[EXERCISE MATERIALS Boundary: Start]
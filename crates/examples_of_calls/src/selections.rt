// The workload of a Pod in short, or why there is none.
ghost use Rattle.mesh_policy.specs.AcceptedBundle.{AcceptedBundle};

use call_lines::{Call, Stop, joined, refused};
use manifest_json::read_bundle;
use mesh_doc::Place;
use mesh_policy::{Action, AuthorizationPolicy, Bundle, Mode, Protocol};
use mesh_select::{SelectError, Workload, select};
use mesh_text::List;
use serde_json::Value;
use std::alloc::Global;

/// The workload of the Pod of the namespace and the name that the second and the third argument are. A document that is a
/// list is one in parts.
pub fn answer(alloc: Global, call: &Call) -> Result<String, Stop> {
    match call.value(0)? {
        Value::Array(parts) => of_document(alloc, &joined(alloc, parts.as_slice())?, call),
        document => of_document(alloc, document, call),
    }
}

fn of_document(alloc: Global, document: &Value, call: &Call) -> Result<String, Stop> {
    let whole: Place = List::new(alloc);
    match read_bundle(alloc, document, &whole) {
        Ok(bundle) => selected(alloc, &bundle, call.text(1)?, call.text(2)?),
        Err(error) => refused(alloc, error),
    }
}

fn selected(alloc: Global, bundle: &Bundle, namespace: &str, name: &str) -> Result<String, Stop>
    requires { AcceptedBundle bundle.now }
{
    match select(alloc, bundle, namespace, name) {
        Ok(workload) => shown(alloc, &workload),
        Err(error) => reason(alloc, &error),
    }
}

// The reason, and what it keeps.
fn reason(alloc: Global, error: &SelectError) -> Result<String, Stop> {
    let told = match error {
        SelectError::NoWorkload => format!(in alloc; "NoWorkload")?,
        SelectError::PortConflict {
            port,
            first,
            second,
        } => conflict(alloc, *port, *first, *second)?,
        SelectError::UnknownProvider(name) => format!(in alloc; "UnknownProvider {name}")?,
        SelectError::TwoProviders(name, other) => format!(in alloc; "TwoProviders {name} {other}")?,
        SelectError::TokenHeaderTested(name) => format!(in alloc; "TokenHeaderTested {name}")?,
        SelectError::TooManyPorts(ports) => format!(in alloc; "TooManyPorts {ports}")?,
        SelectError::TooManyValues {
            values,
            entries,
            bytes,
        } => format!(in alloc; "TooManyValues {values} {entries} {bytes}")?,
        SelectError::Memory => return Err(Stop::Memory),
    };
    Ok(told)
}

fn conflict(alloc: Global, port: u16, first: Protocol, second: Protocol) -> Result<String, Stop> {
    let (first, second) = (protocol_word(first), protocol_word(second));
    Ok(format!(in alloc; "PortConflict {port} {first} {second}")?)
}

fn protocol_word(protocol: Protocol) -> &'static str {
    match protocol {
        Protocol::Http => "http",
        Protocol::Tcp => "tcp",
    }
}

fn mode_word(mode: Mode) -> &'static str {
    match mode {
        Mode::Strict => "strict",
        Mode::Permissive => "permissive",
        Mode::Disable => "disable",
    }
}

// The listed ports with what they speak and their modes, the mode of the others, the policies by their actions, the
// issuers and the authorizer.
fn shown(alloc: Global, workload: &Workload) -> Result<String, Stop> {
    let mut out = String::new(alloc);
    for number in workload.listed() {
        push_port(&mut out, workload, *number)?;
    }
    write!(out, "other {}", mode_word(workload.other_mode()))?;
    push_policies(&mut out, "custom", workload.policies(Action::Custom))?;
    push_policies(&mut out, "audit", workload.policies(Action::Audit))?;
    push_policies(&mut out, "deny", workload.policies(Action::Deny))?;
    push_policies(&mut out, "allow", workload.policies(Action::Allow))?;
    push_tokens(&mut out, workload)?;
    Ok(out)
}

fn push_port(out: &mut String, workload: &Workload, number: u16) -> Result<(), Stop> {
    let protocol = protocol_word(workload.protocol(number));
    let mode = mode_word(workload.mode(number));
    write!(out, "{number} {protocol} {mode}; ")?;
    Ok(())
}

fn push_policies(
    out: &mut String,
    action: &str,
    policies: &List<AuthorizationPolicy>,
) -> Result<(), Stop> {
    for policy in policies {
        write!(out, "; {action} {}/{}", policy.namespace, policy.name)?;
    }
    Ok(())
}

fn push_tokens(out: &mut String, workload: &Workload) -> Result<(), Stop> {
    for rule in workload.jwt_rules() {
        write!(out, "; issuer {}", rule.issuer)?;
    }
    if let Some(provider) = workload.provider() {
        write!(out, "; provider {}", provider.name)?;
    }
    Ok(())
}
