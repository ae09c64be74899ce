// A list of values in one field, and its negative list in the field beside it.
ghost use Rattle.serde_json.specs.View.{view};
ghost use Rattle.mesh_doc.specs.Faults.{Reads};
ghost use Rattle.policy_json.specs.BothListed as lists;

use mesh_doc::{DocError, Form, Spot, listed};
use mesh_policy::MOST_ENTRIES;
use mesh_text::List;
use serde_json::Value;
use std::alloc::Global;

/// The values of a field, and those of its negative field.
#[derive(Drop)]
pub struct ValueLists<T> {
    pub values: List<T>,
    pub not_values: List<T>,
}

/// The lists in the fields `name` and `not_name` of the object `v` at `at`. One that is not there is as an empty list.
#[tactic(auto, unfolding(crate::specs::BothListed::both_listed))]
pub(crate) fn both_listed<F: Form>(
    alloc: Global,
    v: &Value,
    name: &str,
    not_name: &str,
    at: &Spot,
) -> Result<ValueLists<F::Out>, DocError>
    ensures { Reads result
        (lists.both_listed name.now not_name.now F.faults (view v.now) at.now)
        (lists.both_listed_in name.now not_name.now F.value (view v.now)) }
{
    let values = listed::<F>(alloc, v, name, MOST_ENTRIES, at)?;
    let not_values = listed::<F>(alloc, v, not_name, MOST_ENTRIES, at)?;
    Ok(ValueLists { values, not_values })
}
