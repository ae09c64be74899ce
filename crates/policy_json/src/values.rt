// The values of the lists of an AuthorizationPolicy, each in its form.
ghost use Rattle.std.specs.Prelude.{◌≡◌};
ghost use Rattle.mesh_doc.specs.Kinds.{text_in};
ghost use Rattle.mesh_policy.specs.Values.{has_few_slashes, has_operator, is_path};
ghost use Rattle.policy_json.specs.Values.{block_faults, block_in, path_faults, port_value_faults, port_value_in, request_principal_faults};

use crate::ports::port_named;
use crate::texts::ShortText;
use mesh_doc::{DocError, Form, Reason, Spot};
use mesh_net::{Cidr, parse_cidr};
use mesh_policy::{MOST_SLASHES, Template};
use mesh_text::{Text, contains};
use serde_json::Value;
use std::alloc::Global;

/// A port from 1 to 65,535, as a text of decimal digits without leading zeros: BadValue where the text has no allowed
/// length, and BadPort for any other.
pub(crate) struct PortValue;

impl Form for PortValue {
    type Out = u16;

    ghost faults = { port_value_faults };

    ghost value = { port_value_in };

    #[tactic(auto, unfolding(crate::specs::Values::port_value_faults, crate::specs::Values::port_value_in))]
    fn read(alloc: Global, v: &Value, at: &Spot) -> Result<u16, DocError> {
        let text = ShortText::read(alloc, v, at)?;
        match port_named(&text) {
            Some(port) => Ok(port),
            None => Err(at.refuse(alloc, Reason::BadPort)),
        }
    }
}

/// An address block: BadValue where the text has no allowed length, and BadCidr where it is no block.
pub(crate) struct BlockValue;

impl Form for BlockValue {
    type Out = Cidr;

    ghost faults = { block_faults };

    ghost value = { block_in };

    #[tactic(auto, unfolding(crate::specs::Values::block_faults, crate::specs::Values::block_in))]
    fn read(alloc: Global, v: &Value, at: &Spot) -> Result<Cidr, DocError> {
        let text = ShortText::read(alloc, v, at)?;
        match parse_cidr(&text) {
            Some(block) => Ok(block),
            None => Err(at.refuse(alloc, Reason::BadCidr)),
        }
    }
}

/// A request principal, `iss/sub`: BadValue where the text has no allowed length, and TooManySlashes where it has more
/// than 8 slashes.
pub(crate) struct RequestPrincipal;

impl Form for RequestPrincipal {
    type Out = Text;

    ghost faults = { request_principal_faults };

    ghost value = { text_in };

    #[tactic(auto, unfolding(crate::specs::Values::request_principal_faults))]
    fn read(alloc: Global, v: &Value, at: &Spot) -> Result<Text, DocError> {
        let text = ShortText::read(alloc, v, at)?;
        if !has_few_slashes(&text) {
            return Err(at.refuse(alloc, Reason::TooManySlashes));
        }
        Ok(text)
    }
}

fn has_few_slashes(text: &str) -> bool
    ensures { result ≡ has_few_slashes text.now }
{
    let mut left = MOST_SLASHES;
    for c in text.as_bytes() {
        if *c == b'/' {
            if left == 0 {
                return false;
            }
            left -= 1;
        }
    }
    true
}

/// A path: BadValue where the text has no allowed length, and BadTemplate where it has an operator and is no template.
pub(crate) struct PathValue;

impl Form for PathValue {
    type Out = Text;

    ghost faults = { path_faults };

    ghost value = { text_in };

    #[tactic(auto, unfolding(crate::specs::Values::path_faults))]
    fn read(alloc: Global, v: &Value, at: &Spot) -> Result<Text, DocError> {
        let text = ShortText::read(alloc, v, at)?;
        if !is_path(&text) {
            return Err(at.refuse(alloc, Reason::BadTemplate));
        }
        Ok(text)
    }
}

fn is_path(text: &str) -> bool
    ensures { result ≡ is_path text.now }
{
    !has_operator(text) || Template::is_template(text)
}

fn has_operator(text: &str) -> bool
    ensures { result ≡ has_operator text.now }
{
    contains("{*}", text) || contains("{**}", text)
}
[EXERCISE MATERIALS Boundary: End]
* **EXERCISE DESCRIPTION**: The lines from the beginning of the records through the line containing "use manifest_json::read_bundle;" should be reproduced exactly. Include nothing else.

* **RESULT FOR THIS EXERCISE**:
filename crates/examples_of_calls/src/selections.rt
// The workload of a Pod in short, or why there is none.
ghost use Rattle.mesh_policy.specs.AcceptedBundle.{AcceptedBundle};

use call_lines::{Call, Stop, joined, refused};
use manifest_json::read_bundle;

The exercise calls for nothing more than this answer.